前頭側頭型認知症(ピック病が含まれる)を患う中村成信さんのご著書「ぼくが前を向いて歩く理由」を以前ご紹介しました。

2012年5月2日3日の読売新聞で中村さんのことが記事になりました。
中村さんのご本の要約のような内容になっています。

  [本人の思い]中村成信さん(上)「万引き」で病気に気づく
  (記事は「ヨミドクター」を)

  [本人の思い]中村成信さん(下)戸惑い、つらさ…経験を伝える
  (記事はこちら


ピック病は、ネットや本で症状を調べると「万引き」を筆頭に、反社会的な行動を示す言葉がズラズラ並んでいます。
しかし中村さんも書かれていますが、その言葉から想像する「邪悪な行為」と本人の意識とは、かなりズレがあります。
中村さん自身、盗んだ記憶はなく、冤罪だと確信していました。

症状の書き方には、配慮がなされるべきだと私は思います。
症状を隠せという意味ではありません。
何の説明もなく、ただ単に反社会的な症状を並べれば、人には、誤解と偏見を、本人と家族には、耐え難い苦痛を与えるだけだと思うからです。

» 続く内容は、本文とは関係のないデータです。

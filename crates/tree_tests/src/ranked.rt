//! Numbers as items: with their count, and with the greatest of them.
ghost use Rattle.std.specs.Prelude.{Some};

use crate::numbered::Numbered;
use std::alloc::Global;
use sum_tree::{Count, Item, KeyedItem, OutOfMemory};
use tree_cursor::Greatest;

// A number among others that are counted.
#[derive(Clone, Copy)]
pub(crate) struct Number {
    pub(crate) key: u64,
}

impl Item for Number {
    type Summary = Count;

    ghost sum_of = { λ x. record { items = 1 } };

    ghost admitted = { λ x. tt };

    ghost is_single = { λ x. tt };

    fn summary(&self, _alloc: Global) -> Result<Count, OutOfMemory> {
        Ok(Count { items: 1 })
    }

    fn copy(&self, _alloc: Global) -> Result<Number, OutOfMemory> {
        Ok(*self)
    }
}

impl KeyedItem for Number {
    type Key = u64;

    ghost key_of = { λ x. x.key };

    fn key(&self) -> u64 {
        self.key
    }
}

impl Numbered for Number {
    ghost use Rattle.sum_tree.proofs.Counts.{counts_fit};

    ghost sums_fit = { λ xs h. counts_fit xs h };

    fn of_number(_alloc: Global, number: u64) -> Result<Number, OutOfMemory> {
        Ok(Number { key: number })
    }

    fn key_at(number: u64) -> u64 {
        number
    }

    fn number(&self) -> u64 {
        self.key
    }
}

// A number among others of which the greatest is known.
#[derive(Clone, Copy)]
pub(crate) struct Ranked {
    pub(crate) key: u64,
}

impl Item for Ranked {
    type Summary = Greatest<u64>;

    ghost sum_of = { λ x. record { key = Some x.key } };

    ghost admitted = { λ x. tt };

    ghost is_single = { λ x. tt };

    fn summary(&self, _alloc: Global) -> Result<Greatest<u64>, OutOfMemory> {
        Ok(Greatest {
            key: Some(self.key),
        })
    }

    fn copy(&self, _alloc: Global) -> Result<Ranked, OutOfMemory> {
        Ok(*self)
    }
}

impl KeyedItem for Ranked {
    type Key = u64;

    ghost key_of = { λ x. x.key };

    fn key(&self) -> u64 {
        self.key
    }
}

impl Numbered for Ranked {
    ghost sums_fit = { λ xs h. tt };

    fn of_number(_alloc: Global, number: u64) -> Result<Ranked, OutOfMemory> {
        Ok(Ranked { key: number })
    }

    fn key_at(number: u64) -> u64 {
        number
    }

    fn number(&self) -> u64 {
        self.key
    }
}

私も父がピック病と診断され、そうした症状を読んだ時、絶望以外の何も感じませんでした。
けれども実際には、書かれたことと現実の姿の間に確かに距離があるのです。
ピック病の方を他に知っている訳ではありませんが、彼らは、決して反社会的な人間ではありません。

(私には、父が本当にピック病なのかどうか、今もわかりません。しかし中村さんのご本を読んだ時に、父との共通点が多いと思いました。深刻な場面であっけらかんとしているところなどは、特に。)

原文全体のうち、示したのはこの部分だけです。